Ms. Bethune admits, however, that both N.K. and C.K. resided with their father for more than one-half of 2014. Consequently, no qualifying child lived [*18] with Ms. Bethune in her place of abode for more than one-half of that year, so she is not entitled to HOH filing status.

In view of the foregoing,

Decision will be entered for respondent.

FOOTNOTES

1Unless otherwise indicated, all citations of sections refer to the Internal Revenue Code (26 U.S.C.) in effect for the tax year at issue, and all citations of Rules refer to the Tax Court Rules of Practice and Procedure.

2Mr. Kirby denies that he signed the form and disavows the signature that appears on it, but Ms. Bethune’s detailed account of the circumstance of the signing persuades us that he probably did sign it, as she says.

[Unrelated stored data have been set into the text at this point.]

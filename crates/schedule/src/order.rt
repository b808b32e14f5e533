//! The lines of a run by falling heights.
ghost use Rattle.std.specs.Prelude.{◌≡◌, ◌++◌, [], IfOk, OnOk};
ghost use Rattle.std.specs.List.Sorted.{IsSortedBy, IsStableBy};
ghost use Rattle.schedule_rules.specs.Straight.{ranked};
ghost use Rattle.schedule_rules.specs.Orders.{scheduled_run};
ghost use Rattle.schedule.specs.Order.{is_lower, lines_back, ranks_back};

use crate::heights::Later;
use lin_ir::Line;
use std::alloc::{AllocError, Global};

/// A line of a run, with its height.
#[derive(Drop)]
struct RankedLine {
    line: Line,
    height: u32,
}

/// The lines of a run with their heights, the last first. They are taken out of the run.
fn ranked(alloc: Global, run: &mut Vec<Line>) -> Result<Vec<RankedLine>, AllocError>
    ensures ranked { IfOk result (λ lines. ranks_back lines.items ≡ ranked run.old.items) }
    ensures empty { IfOk result (λ _. run.new.items ≡ []) }
{
    let mut later = Later::none(alloc);
    let mut lines = Vec::with_capacity(alloc, run.len())?;
    while let Some(line) = run.pop() {
        let height = later.height_of(&line)?;
        later.put(&line, height)?;
        lines.push(RankedLine { line, height })?;
    }
    Ok(lines)
}

/// Sorts the lines by rising height. Those as high stay in their order.
fn sort_by_height(lines: &mut Vec<RankedLine>) -> Result<(), AllocError>
    ensures sorted { OnOk result (IsSortedBy is_lower lines.new.items) }
    ensures stable { OnOk result (IsStableBy is_lower lines.old.items lines.new.items) }
{
    lines.sort_by_key(|ranked| ranked.height)?;
    Ok(())
}

/// Adds the lines, the last first.
fn push_back(made: &mut Vec<Line>, mut lines: Vec<RankedLine>) -> Result<(), AllocError>
    ensures { IfOk result (λ _. made.new.items ≡ made.old.items ++ lines_back lines.items) }
{
    while let Some(next) = lines.pop() {
        let RankedLine { line, height: _ } = next;
        made.push(line)?;
    }
    Ok(())
}

/// Adds the lines of a run in their new order, and takes them out of the run. They come from the last
/// to the first and are sorted by rising height, so that of two as high the earlier stands later.
///
/// The time is that of a sort. The only error is want of memory.
pub fn push_scheduled(
    alloc: Global,
    made: &mut Vec<Line>,
    run: &mut Vec<Line>,
) -> Result<(), AllocError>
    ensures made { IfOk result (λ _. made.new.items ≡ made.old.items ++ scheduled_run run.old.items) }
    ensures run { IfOk result (λ _. run.new.items ≡ []) }
{
    let mut lines = ranked(alloc, run)?;
    sort_by_height(&mut lines)?;
    push_back(made, lines)
}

3A letter from the IRS attached to Ms. Bethune's amended petition, whose authenticity the Commissioner did not dispute, shows that IRS examination personnel received her fax. The letter states: “We received your response dated 05/02/2017. If we can't complete our review of the information you sent us by 06/05/2017, we will contact you again to provide a date when you can expect our response. You don't need to respond to this letter; however, if you have questions or need additional information, you can contact the person listed above.”

4First, the Commissioner cites 26 C.F.R. sec. 1.152-4(e)(1)(ii), Income Tax Regs. (“A written declaration * * * must be a document executed for the sole purpose of serving as a written declaration under this section. A court order or decree * * * may not serve as a written declaration”), but Mr. Kirby's statement is arguably a document distinct from the order itself, and its purpose is unclear. Second, the Commissioner argues that the statement was not “attached” to Ms. Kirby's return. See infra pt. II.B.2.

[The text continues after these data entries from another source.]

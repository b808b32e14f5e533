//! List scheduling of straight runs: the lines of a Linear function in the order `scheduled` of
//! `schedule_rules` (OCaml's `asmcomp/schedgen.ml`).
//!
//! A line is higher than all that depend on it. So of the lines that are left the highest depends on
//! none before it, and the order is that of falling heights: no line is asked what it waits for. The
//! heights come from tables of what later lines read and write, and the time is that of a sort.
#![tactic(auto)]

mod heights;
mod order;
mod plain;
mod runs;

pub use runs::schedule;
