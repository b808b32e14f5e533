//! Cells for the tasks of an expression.
ghost use Rattle.std.specs.Prelude.{◌≡◌, suc, ◌∷◌, ◌++◌, ◌+◌, ◌<◌, ◌≤◌, [], List, IfOk, length, true, false};
ghost use Rattle.bs_words.specs.declared.types.Ty.TheVariants as ty;
ghost use Rattle.cmm_tree.specs.Tree.{More};
ghost use Rattle.cmm_tree.specs.View.{expr_view, label_view};
ghost use Rattle.cmm_types.specs.Annotated.{IsAnnotated};
ghost use Rattle.cmm_types.specs.Lists.{AreAnnotated, AreBindingsAnnotated, AreCasesAnnotated, AreHandlersAnnotated};
ghost use Rattle.cmm_tree.specs.Rows.{expressions_of, bindings_of, cases_of, handlers_of};
ghost use Rattle.walk_tables.specs.Walks.{Slotted, Does, Evaluates, Enters, Passes, OneOf, MayRaise, Raises, Exits};
ghost use Rattle.walk_tables.specs.Walks.{Catches, Handles, names, used_at, bound_at, slot_of, operand_uses, waiting};
ghost use Rattle.cmm_tree.specs.Measures.{count_of};
ghost use Rattle.walk_tables.specs.Walks.{filled_slots, all_operands, on_one, on_two, bodies, handling, call_tasks, tasks_of};
ghost use Rattle.cmm_types.specs.Types.{type_named, with_bindings};
ghost use Rattle.walk_tables.specs.Cells.{cells};
ghost use Rattle.walk_tables.specs.Sound.{IsCellReady, IsScope, AddsCells, AddsHandlers};

use crate::items::{Action, Cells, Item};
use bs_words::{Name, Ty};
use cmm_tree::{Binding, Case, Expr, Form, Handler, Label};
use cmm_types::is_address;
use std::alloc::AllocError;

5In his post-trial brief, the Commissioner explains the effect of these (merely) proposed regulations as follows:

The proposed regulation is applicable to taxable years beginning after the date the regulations are published as final regulations in the Federal Register. 82 Fed. Reg. 6370, 6388 (proposed Jan. 19, 2017) (to be codified at Treas. Reg. § 1.152-5(e)(2)(i)). Pending the issuance of the final regulations, taxpayers may choose to apply the proposed regulations in any open taxable years. Id. at 6377. Proposed regulations are not binding on the Court and are generally given no greater weight than a litigation position though the Court may rely on them for guidance. [Citations omitted.]